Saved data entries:
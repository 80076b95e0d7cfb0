//! What is wrong with words that are those of no command. Nothing is promised of the text. Each part is asked of the
//! function that reads it, in the order in which a command is read. The error of a check is the text, and None where
//! memory ran out.

use crate::bounds::earliest;
use crate::command::is_bare_dashes;
use crate::companion::{self, DEFAULT_SELECTOR, cii, present};
use crate::fault::WordsFault;
use crate::generator::{self, MOST_LINES, MOST_SEED, companions, least_lines};
use crate::options::{
    NumberOption, command_taking, is_set, number, number_or, parsed, text_given, text_given_or,
};
use crate::recorded::check_recorded;
use crate::tv::{self, LOCAL_HOST, MOST_SECONDS, MOST_TURNS, check_host, limit, precision};
use crate::{pair, relay, watch};
use clap::ArgMatches;
use clap::error::ErrorKind;
use css_num::Text;
use std::alloc::Global;

// A line of three parts.
fn line(alloc: Global, before: &str, word: &str, after: &str) -> Option<Text> {
    let mut line = Text::of(alloc, before.as_bytes()).ok()?;
    line.push(word.as_bytes()).ok()?;
    line.push(after.as_bytes()).ok()?;
    Some(line)
}

// Where digits are spelled as no number is.
fn misspelling(digits: &[u8]) -> Option<&'static str> {
    match digits {
        [b'+' | b'-', ..] => Some(" has a sign"),
        [b'0', _, ..] => Some(" has zeros before its digits"),
        _ => None,
    }
}

// An option whose text is wrong.
fn value_wrong(alloc: Global, name: &str, text: &str, what: &str) -> Option<Text> {
    if text.is_empty() {
        return line(alloc, "--", name, " is empty");
    }
    let mut line = line(alloc, "--", name, ": ")?;
    line.push(text.as_bytes()).ok()?;
    line.push(what.as_bytes()).ok()?;
    Some(line)
}

// A text that spells no number in this range.
fn number_wrong(alloc: Global, name: &str, text: &str, least: i128, most: i128) -> Option<Text> {
    let digits = match text.as_bytes() {
        [b'-', digits @ ..] if least < 0 => digits,
        bytes => bytes,
    };
    if let Some(what) = misspelling(digits) {
        return value_wrong(alloc, name, text, what);
    }
    let mut line = value_wrong(alloc, name, text, " isn't from ")?;
    line.push_number(least).ok()?;
    line.push(b" to ").ok()?;
    line.push_number(most).ok()?;
    Some(line)
}

// An option that isn't given, or whose text is no number in this range.
fn option_wrong(
    alloc: Global,
    matches: &ArgMatches<'_>,
    name: &str,
    least: i128,
    most: i128,
) -> Option<Text> {
    match text_given(matches, name) {
        None => line(alloc, "--", name, " is missing"),
        Some("") => line(alloc, "--", name, " is empty"),
        Some(text) => number_wrong(alloc, name, text, least, most),
    }
}

// The number of an option that may be left out.
fn check_number(
    alloc: Global,
    matches: &ArgMatches<'_>,
    option: NumberOption,
) -> Result<(), Option<Text>> {
    if number_or(matches, option).is_ok() {
        return Ok(());
    }
    let (least, most) = (i128::from(option.least), i128::from(option.most));
    Err(option_wrong(alloc, matches, option.name, least, most))
}

// The number of one that has to be given.
fn check_given(
    alloc: Global,
    matches: &ArgMatches<'_>,
    name: &str,
    least: u64,
    most: u64,
) -> Result<(), Option<Text>> {
    if number(matches, name, least, most).is_ok() {
        return Ok(());
    }
    let (least, most) = (i128::from(least), i128::from(most));
    Err(option_wrong(alloc, matches, name, least, most))
}

fn check_limit(alloc: Global, matches: &ArgMatches<'_>) -> Result<(), Option<Text>> {
    if limit(matches).is_ok() {
        return Ok(());
    }
    let has_turns = text_given(matches, "turns").is_some();
    let has_seconds = text_given(matches, "seconds").is_some();
    if has_turns && has_seconds {
        return Err(line(alloc, "--seconds and --turns", " exclude each other", ""));
    }
    if has_seconds {
        return Err(option_wrong(alloc, matches, "seconds", 1, i128::from(MOST_SECONDS)));
    }
    Err(option_wrong(alloc, matches, "turns", 1, i128::from(MOST_TURNS)))
}

fn check_precision(alloc: Global, matches: &ArgMatches<'_>) -> Result<(), Option<Text>> {
    if precision(matches).is_ok() {
        return Ok(());
    }
    let (least, most) = (tv::LEAST_PRECISION as i128, tv::MOST_PRECISION as i128);
    Err(option_wrong(alloc, matches, "precision", least, most))
}

fn check_present(alloc: Global, matches: &ArgMatches<'_>) -> Result<(), Option<Text>> {
    if present(matches).is_ok() {
        return Ok(());
    }
    let Some(first) = text_given(matches, "earliest") else {
        return Err(line(alloc, "--latest", " is without --earliest", ""));
    };
    let Some(last) = text_given(matches, "latest") else {
        return Err(line(alloc, "--earliest", " is without --latest", ""));
    };
    if earliest(first).is_err() {
        let after = " isn't TICK,WALL or TICK,minusinfinity";
        return Err(value_wrong(alloc, "earliest", first, after));
    }
    Err(value_wrong(
        alloc,
        "latest",
        last,
        " isn't TICK,WALL or TICK,plusinfinity",
    ))
}

// Whether a host is one of IPv6, without its brackets.
fn is_bare_ipv6(host: &str) -> bool {
    match host.split_once(':') {
        Some((before, after)) => !before.starts_with('[') && after.contains(':'),
        None => false,
    }
}

// A text that leads to no session.
fn address_wrong(alloc: Global, text: &str) -> Option<Text> {
    if text.starts_with("wss:") {
        return line(alloc, "--cii: ", "no encryption: ws:// alone", "");
    }
    let host = match text.strip_prefix("ws://") {
        Some(rest) => up_to(rest, '/'),
        None => "",
    };
    if is_bare_ipv6(host) {
        let after = " needs brackets around IPv6, as ws://[::1]:6677/cii";
        return value_wrong(alloc, "cii", text, after);
    }
    value_wrong(alloc, "cii", text, " is no ws: address")
}

fn check_cii(alloc: Global, matches: &ArgMatches<'_>) -> Result<(), Option<Text>> {
    match cii(alloc, matches) {
        Ok(_) => Ok(()),
        Err(WordsFault::Memory) => Err(None),
        Err(WordsFault::Usage) => match text_given(matches, "cii") {
            None => Err(line(alloc, "--cii", " is missing", "")),
            Some(text) => Err(address_wrong(alloc, text)),
        },
    }
}

fn check_dialled(alloc: Global, matches: &ArgMatches<'_>, port: u16) -> Result<(), Option<Text>> {
    let host = text_given_or(matches, "host", LOCAL_HOST);
    match check_host(alloc, host.as_bytes(), port) {
        Ok(()) => Ok(()),
        Err(WordsFault::Memory) => Err(None),
        Err(WordsFault::Usage) if is_bare_ipv6(host) => {
            Err(value_wrong(alloc, "host", host, " needs brackets around IPv6, as [::1]"))
        }
        Err(WordsFault::Usage) => Err(value_wrong(alloc, "host", host, " is no host")),
    }
}

fn check_record(alloc: Global, matches: &ArgMatches<'_>) -> Result<(), Option<Text>> {
    let is_recorded = is_set(matches, "record");
    let selector = text_given_or(matches, "selector", DEFAULT_SELECTOR);
    let stem = text_given_or(matches, "stem", "");
    if check_recorded(is_recorded, selector.as_bytes(), stem.as_bytes()).is_ok() {
        return Ok(());
    }
    if check_recorded(is_recorded, selector.as_bytes(), b"").is_err() {
        return Err(value_wrong(alloc, "selector", selector, " can't stand in a record"));
    }
    Err(value_wrong(alloc, "stem", stem, " can't stand in a record"))
}

fn check_companion(alloc: Global, matches: &ArgMatches<'_>) -> Result<(), Option<Text>> {
    check_number(alloc, matches, companion::REPORTS)?;
    check_limit(alloc, matches)?;
    check_number(alloc, matches, companion::REPORT_EVERY)?;
    check_number(alloc, matches, companion::ASK_EVERY)?;
    check_number(alloc, matches, companion::LOCAL_ERROR)?;
    check_number(alloc, matches, companion::LOCAL_PRECISION)?;
    check_present(alloc, matches)
}

fn check_tv(alloc: Global, matches: &ArgMatches<'_>) -> Result<(), Option<Text>> {
    check_number(alloc, matches, tv::PORT)?;
    check_limit(alloc, matches)?;
    check_precision(alloc, matches)?;
    check_number(alloc, matches, tv::ERROR)
}

fn check_relay(alloc: Global, matches: &ArgMatches<'_>) -> Result<(), Option<Text>> {
    check_number(alloc, matches, relay::PORT)?;
    check_limit(alloc, matches)?;
    check_number(alloc, matches, companion::ASK_EVERY)?;
    check_number(alloc, matches, companion::LOCAL_ERROR)?;
    check_number(alloc, matches, companion::LOCAL_PRECISION)
}

fn check_generator(alloc: Global, matches: &ArgMatches<'_>) -> Result<(), Option<Text>> {
    check_given(alloc, matches, "seed", 0, MOST_SEED)?;
    match companions(matches) {
        Ok(companions) => {
            let least = least_lines(companions);
            check_given(alloc, matches, "lines", least, MOST_LINES)
        }
        Err(_) => Err(option_wrong(alloc, matches, "companions", 2, 16)),
    }
}

// The first part that isn't as its command wants it.
fn check(alloc: Global, name: &str, matches: &ArgMatches<'_>) -> Result<(), Option<Text>> {
    match name {
        // A watch has a part of a companion's options. It is wrong only in these.
        "companion" | "watch" => {
            check_cii(alloc, matches)?;
            check_companion(alloc, matches)?;
            check_record(alloc, matches)
        }
        "tv" => {
            check_tv(alloc, matches)?;
            check_dialled(alloc, matches, tv::port(matches).unwrap_or(0))
        }
        "pair" => {
            check_companion(alloc, matches)?;
            check_tv(alloc, matches)
        }
        "relay" => {
            check_cii(alloc, matches)?;
            check_relay(alloc, matches)?;
            check_dialled(alloc, matches, relay::port(matches).unwrap_or(0))
        }
        // Its flag has no value that could be wrong.
        "agree" => Ok(()),
        _ => check_generator(alloc, matches),
    }
}

// What stands before the first of this character.
fn up_to(text: &str, end: char) -> &str {
    match text.split_once(end) {
        Some((before, _)) => before,
        None => text,
    }
}

// What stands in the parser's message from here to the closing quote.
fn quoted<'a>(message: &'a str, opening: &str) -> &'a str {
    match message.split_once(opening) {
        Some((_, rest)) => up_to(rest, '\''),
        None => "",
    }
}

// A word that is no option of its command.
fn word_wrong(alloc: Global, word: &str) -> Option<Text> {
    if word.starts_with('-') {
        return line(alloc, "no such option: ", word, "");
    }
    line(alloc, "stray word: ", word, "")
}

// What the parser refused, by its message. It names an option as `--NAME <VALUE>`.
fn refused(alloc: Global, kind: ErrorKind, message: &str) -> Option<Text> {
    let (opening, what) = match kind {
        ErrorKind::OutOfMemory => return None,
        ErrorKind::DisplayHelp => return word_wrong(alloc, "--help"),
        ErrorKind::UnknownArgument => return word_wrong(alloc, quoted(message, "'")),
        ErrorKind::ArgumentConflict => ("'--", " is given twice"),
        ErrorKind::TooManyValues => ("for '--", " takes no value"),
        _ => ("'--", " has no value"),
    };
    line(alloc, "--", up_to(quoted(message, opening), ' '), what)
}

// What is wrong with words that the parse refuses.
fn of_refusal(alloc: Global, error: &clap::Error) -> Option<Text> {
    let message = format!(in alloc; "{error}").ok()?;
    refused(alloc, error.kind(), message.as_str())
}

// What is wrong with the words of a command with these options and flags.
fn of_options<'a>(
    alloc: Global,
    name: &str,
    names: &'a [&'a str],
    flags: &'a [&'a str],
    words: &'a [String],
) -> Option<Text> {
    let command = command_taking(alloc, names, flags).ok()?;
    match parsed(command, words) {
        Ok(matches) => check(alloc, name, &matches.all).err()?,
        Err(error) => of_refusal(alloc, &error),
    }
}

// What is wrong with the words of the command of this name, which has `rest` behind it.
fn of_command(alloc: Global, name: &str, rest: &[String], words: &[String]) -> Option<Text> {
    match name {
        "agree" => of_options(alloc, name, &[], &["pairs"], words),
        "companion" => {
            let flags = companion::FLAGS.as_slice();
            of_options(alloc, name, companion::OPTIONS.as_slice(), flags, words)
        }
        "tv" => {
            let flags = tv::FLAGS.as_slice();
            of_options(alloc, name, tv::OPTIONS.as_slice(), flags, words)
        }
        "pair" => {
            let flags = tv::FLAGS.as_slice();
            of_options(alloc, name, pair::OPTIONS.as_slice(), flags, words)
        }
        "relay" => of_options(alloc, name, relay::OPTIONS.as_slice(), &[], words),
        "watch" => of_options(alloc, name, watch::OPTIONS.as_slice(), &[], words),
        "generate" | "survey" => {
            of_options(alloc, name, generator::OPTIONS.as_slice(), &[], words)
        }
        _ => word_wrong(alloc, rest.first()?.as_str()),
    }
}

/// What is wrong with words that are `Usage`, as a line for a person without its end: the first part that isn't as the
/// command wants it. The words are those after the program's name, and the first is a command that exists.
///
/// None where nothing is wrong, or memory ran out. Nothing is promised of the text.
pub fn complaint(alloc: Global, words: &[String]) -> Option<Text> {
    let (name, rest) = words.split_first()?;
    if let Some(word) = rest.iter().find(|word| is_bare_dashes(word.as_str())) {
        return line(alloc, "stray word: ", word.as_str(), "");
    }
    of_command(alloc, name.as_str(), rest, words)
}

To do: The answer should contain only the lines from the first line of the entries through the line holding "use std::alloc::Global;", each exactly as written.

Answer below:
repository 80076b95e0d7cfb0
//! What is wrong with words that are those of no command. Nothing is promised of the text. Each part is asked of the
//! function that reads it, in the order in which a command is read. The error of a check is the text, and None where
//! memory ran out.

use crate::bounds::earliest;
use crate::command::is_bare_dashes;
use crate::companion::{self, DEFAULT_SELECTOR, cii, present};
use crate::fault::WordsFault;
use crate::generator::{self, MOST_LINES, MOST_SEED, companions, least_lines};
use crate::options::{
    NumberOption, command_taking, is_set, number, number_or, parsed, text_given, text_given_or,
};
use crate::recorded::check_recorded;
use crate::tv::{self, LOCAL_HOST, MOST_SECONDS, MOST_TURNS, check_host, limit, precision};
use crate::{pair, relay, watch};
use clap::ArgMatches;
use clap::error::ErrorKind;
use css_num::Text;
use std::alloc::Global;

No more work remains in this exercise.